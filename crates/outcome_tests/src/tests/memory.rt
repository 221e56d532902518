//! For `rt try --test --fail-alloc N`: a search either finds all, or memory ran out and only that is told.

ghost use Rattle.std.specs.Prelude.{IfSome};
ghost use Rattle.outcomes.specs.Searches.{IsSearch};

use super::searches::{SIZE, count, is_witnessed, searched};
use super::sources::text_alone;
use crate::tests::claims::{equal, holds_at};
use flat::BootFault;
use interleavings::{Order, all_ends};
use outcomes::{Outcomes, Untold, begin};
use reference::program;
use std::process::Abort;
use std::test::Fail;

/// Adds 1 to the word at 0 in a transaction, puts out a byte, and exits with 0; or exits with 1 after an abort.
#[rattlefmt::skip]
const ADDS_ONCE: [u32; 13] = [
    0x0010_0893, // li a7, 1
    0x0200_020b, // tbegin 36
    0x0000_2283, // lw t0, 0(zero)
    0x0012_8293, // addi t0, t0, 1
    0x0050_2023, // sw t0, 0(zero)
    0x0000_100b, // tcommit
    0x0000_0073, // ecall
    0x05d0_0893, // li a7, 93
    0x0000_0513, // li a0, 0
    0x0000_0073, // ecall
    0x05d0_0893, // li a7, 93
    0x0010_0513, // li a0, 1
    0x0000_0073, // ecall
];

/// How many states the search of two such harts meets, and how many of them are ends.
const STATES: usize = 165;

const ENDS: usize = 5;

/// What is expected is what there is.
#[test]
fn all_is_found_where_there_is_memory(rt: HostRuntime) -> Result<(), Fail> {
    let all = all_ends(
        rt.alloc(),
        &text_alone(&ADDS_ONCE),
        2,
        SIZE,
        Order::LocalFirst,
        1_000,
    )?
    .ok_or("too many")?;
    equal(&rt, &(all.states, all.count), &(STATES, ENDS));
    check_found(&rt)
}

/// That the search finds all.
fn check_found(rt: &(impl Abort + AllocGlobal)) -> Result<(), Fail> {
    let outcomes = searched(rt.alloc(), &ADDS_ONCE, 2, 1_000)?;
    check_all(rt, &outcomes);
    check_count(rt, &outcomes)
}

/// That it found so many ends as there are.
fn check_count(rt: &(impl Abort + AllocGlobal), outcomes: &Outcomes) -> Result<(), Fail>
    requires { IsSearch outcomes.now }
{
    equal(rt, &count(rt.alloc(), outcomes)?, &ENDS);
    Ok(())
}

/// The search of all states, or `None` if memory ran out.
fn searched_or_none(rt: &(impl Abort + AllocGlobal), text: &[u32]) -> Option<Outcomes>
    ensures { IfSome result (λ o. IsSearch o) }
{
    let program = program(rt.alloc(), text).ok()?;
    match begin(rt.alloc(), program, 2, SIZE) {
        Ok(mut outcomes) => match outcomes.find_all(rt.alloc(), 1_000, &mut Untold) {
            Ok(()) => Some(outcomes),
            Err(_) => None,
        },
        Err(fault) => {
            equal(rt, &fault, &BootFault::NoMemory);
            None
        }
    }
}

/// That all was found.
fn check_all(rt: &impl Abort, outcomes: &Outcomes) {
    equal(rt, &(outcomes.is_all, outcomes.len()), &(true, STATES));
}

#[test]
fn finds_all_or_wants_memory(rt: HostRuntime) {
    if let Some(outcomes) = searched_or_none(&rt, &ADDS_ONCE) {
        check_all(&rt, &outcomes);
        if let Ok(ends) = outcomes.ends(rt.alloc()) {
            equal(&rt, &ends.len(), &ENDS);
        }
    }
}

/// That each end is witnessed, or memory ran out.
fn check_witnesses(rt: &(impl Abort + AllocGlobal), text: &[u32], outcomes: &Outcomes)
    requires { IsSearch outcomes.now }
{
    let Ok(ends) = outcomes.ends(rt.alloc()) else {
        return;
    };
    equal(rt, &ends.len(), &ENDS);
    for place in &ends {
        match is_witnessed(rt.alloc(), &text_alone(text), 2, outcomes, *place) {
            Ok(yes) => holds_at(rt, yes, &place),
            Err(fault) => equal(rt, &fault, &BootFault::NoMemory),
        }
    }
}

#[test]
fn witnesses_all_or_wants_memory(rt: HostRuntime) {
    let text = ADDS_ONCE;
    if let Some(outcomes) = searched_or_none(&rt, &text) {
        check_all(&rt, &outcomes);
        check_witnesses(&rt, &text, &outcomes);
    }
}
*****
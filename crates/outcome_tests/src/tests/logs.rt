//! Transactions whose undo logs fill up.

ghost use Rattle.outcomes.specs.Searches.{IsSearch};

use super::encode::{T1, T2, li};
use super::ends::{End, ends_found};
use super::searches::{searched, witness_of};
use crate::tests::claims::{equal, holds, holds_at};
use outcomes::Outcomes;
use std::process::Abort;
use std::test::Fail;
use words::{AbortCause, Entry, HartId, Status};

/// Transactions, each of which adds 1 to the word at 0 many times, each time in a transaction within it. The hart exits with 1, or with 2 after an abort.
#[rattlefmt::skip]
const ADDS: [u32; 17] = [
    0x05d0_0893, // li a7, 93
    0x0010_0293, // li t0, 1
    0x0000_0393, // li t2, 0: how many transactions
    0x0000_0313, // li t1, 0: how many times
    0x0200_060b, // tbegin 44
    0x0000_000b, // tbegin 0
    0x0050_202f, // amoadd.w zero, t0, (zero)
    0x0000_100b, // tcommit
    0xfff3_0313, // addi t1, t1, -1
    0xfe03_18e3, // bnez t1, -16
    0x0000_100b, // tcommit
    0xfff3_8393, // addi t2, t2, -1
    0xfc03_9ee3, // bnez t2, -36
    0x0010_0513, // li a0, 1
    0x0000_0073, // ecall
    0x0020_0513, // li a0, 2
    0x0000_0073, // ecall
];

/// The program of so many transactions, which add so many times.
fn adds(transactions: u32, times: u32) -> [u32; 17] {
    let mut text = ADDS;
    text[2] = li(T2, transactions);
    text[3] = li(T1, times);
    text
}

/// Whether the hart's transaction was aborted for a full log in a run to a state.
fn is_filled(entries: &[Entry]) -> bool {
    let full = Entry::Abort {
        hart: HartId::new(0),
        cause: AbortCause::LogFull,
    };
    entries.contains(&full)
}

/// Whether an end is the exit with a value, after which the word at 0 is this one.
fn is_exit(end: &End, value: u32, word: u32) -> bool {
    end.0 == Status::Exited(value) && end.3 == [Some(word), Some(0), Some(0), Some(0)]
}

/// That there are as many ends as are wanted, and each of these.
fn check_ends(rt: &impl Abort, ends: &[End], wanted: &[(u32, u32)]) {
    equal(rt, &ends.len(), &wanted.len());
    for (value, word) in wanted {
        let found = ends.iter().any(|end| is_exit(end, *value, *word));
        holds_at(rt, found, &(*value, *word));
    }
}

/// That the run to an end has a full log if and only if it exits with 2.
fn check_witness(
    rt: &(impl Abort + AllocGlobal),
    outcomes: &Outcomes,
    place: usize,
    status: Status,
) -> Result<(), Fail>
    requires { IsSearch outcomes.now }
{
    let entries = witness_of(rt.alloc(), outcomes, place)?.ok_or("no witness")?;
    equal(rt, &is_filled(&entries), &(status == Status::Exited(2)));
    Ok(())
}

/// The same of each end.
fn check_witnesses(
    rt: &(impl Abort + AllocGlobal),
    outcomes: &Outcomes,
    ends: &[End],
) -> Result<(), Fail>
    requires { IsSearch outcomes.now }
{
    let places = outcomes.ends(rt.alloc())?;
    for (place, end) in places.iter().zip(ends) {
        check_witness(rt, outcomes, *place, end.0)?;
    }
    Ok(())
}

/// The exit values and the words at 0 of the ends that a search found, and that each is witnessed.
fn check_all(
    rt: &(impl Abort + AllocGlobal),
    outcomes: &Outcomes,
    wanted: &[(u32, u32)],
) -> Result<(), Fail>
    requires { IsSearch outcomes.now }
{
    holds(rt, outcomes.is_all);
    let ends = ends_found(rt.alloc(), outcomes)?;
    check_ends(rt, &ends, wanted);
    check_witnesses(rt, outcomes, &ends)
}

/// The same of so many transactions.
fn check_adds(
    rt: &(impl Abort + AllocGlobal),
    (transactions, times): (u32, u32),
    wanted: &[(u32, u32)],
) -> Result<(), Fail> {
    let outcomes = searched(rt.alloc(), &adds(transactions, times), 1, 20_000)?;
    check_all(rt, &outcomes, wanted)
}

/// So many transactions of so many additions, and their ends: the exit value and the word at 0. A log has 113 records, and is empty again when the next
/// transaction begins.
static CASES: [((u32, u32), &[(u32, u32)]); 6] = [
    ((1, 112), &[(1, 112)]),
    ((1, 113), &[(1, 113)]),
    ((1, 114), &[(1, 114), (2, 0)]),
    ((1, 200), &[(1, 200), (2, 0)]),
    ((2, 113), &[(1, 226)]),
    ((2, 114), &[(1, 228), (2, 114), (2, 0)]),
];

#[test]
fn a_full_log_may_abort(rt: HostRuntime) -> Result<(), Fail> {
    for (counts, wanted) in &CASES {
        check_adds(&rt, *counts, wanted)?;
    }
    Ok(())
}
*****
*Your goal*: Lines of the material above that contain the string "zero" must be counted; respond with the total alone.

*Result below*: 3